**What is required:**
How many lines in the material below include the string "residual"? Answer with the number only.

**Excerpted data:**
● ● ● ● ● ● ●
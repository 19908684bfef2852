//! What folding leaves of a function, and what that needs: residual bodies, and the pieces that demands expand into.
#![tactic(auto)]

mod blocks;
mod counts;
mod edges;
mod expander;
mod expansion;
mod left;
mod masks;
mod needs;
mod phis;
mod piece;
mod terminators;

pub use expander::Expander;
pub use expansion::{expand, residual};
pub use interface::roots;
pub use piece::Piece;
● ● ● ● ● ● ●
**Exercise output:**
2